Weighted least squares is also available in statsmodels (wls is a little finicky and wants na values dropped prior to model fitting):

weighted_model = smf.wls(
    "mortality_rate_under5_per_1000 ~ np.log(gdp_per_capita_ppp) + CPIA_public_sector_rating + region",
    data=wdi.dropna(),
    weights=wdi.dropna()["Population, total"],
)
weighted_model.fit().summary()
WLS Regression Results
Dep. Variable: mortality_rate_under5_per_1000 R-squared: 0.394
Model: WLS Adj. R-squared: 0.329
Method: Least Squares F-statistic: 6.040
Date: Sun, 21 Jul 2024 Prob (F-statistic): 1.91e-05
Time: 16:52:11 Log-Likelihood: -382.90
No. Observations: 73 AIC: 781.8
Df Residuals: 65 BIC: 800.1
Df Model: 7
Covariance Type: nonrobust
coef std err t P>|t| [0.025 0.975]
Intercept -1.0137 44.372 -0.023 0.982 -89.630 87.602
region[T.Europe and Central Asia] -7.5259 18.115 -0.415 0.679 -43.705 28.653
region[T.Latin America and Caribbean] 6.5553 19.604 0.334 0.739 -32.597 45.707
region[T.Middle East and North Africa] 23.9896 24.400 0.983 0.329 -24.741 72.720
region[T.South Asia] 24.0141 9.828 2.443 0.017 4.386 43.643
region[T.Sub-Saharan Africa] 48.9199 9.844 4.970 0.000 29.261 68.579
np.log(gdp_per_capita_ppp) 3.8200 5.471 0.698 0.488 -7.106 14.746
CPIA_public_sector_rating 1.1358 6.601 0.172 0.864 -12.048 14.320
Omnibus: 5.883 Durbin-Watson: 1.809
Prob(Omnibus): 0.053 Jarque-Bera (JB): 6.686
Skew: 0.337 Prob(JB): 0.0353
Kurtosis: 4.320 Cond. No. 143.


Notes:
[1] Standard Errors assume that the covariance matrix of the errors is correctly specified.

Post-Regression Testing#

statsmodels also provides a flexible syntax for post-regression testing.

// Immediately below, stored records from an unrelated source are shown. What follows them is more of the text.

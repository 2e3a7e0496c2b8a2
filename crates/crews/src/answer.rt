// What joining and the log answer.
ghost use Rattle.std.specs.Prelude.{◌≡◌};
ghost use Rattle.crews.specs.Log.{unlogged};

use book::Refusal;

// Why two books are not joined.
#[derive(Clone, Copy)]
pub enum Unjoined {
    // 1 to 7: the first book is refused.
    First(Refusal),
    // 1 to 7: the second book is refused.
    Second(Refusal),
    // 17: over 255 atoms or rules together.
    TooMany,
    // 19: the buffer is shorter than the joined book.
    NoRoom,
}

// Which of two books has a reading. The joined book stands in the buffer; its length.
#[derive(Clone, Copy)]
pub enum Logged {
    // Each book has a reading.
    Both(usize),
    // Only the second book has a reading.
    NoneInFirst(usize),
    // Only the first book has a reading.
    NoneInSecond(usize),
    // Neither book has a reading.
    NoneInEither(usize),
}

// Why two books are not logged.
#[derive(Clone, Copy)]
pub enum Unlogged {
    // 9: the search in a book needs more than this many tries, that book's limit.
    Stopped(u32),
    // 1 to 7: the first book is refused.
    First(Refusal),
    // 1 to 7: the second book is refused.
    Second(Refusal),
    // 17: over 255 atoms or rules together.
    TooMany,
    // 19: the buffer is shorter than the joined book.
    NoRoom,
}

impl From<Unjoined> for Unlogged {
    ghost from_gives = { λ why refused. refused ≡ unlogged why };

    fn from(why: Unjoined) -> Unlogged {
        match why {
            Unjoined::First(refusal) => Unlogged::First(refusal),
            Unjoined::Second(refusal) => Unlogged::Second(refusal),
            Unjoined::TooMany => Unlogged::TooMany,
            Unjoined::NoRoom => Unlogged::NoRoom,
        }
    }
}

To test whether the FE for South Asia and the Middle East and North Africa are the same, we just run:

hypotheses = "region[T.South Asia] = region[T.Middle East and North Africa]"
corruption_model.t_test(hypotheses)
<class 'statsmodels.stats.contrast.ContrastResults'>
                             Test for Constraints                             
==============================================================================
                 coef    std err          t      P>|t|      [0.025      0.975]
------------------------------------------------------------------------------
c0             1.1703     23.625      0.050      0.961     -46.013      48.354
==============================================================================

Generalized Linear Models and Generalized Additive Models#

Finally, for those interested in going beyond standard linear regression, statsmodels supports both Generalized Linear Models (GLMs) and Generalized Additive Models (GAMs).

You can read the documentation for Generalized Linear Models, including logits, probits, poisson, binomial, etc., here.

Documentation for Generalized Additive Models can be found here, although users interested in GAMs may also wish to look into pyGAM.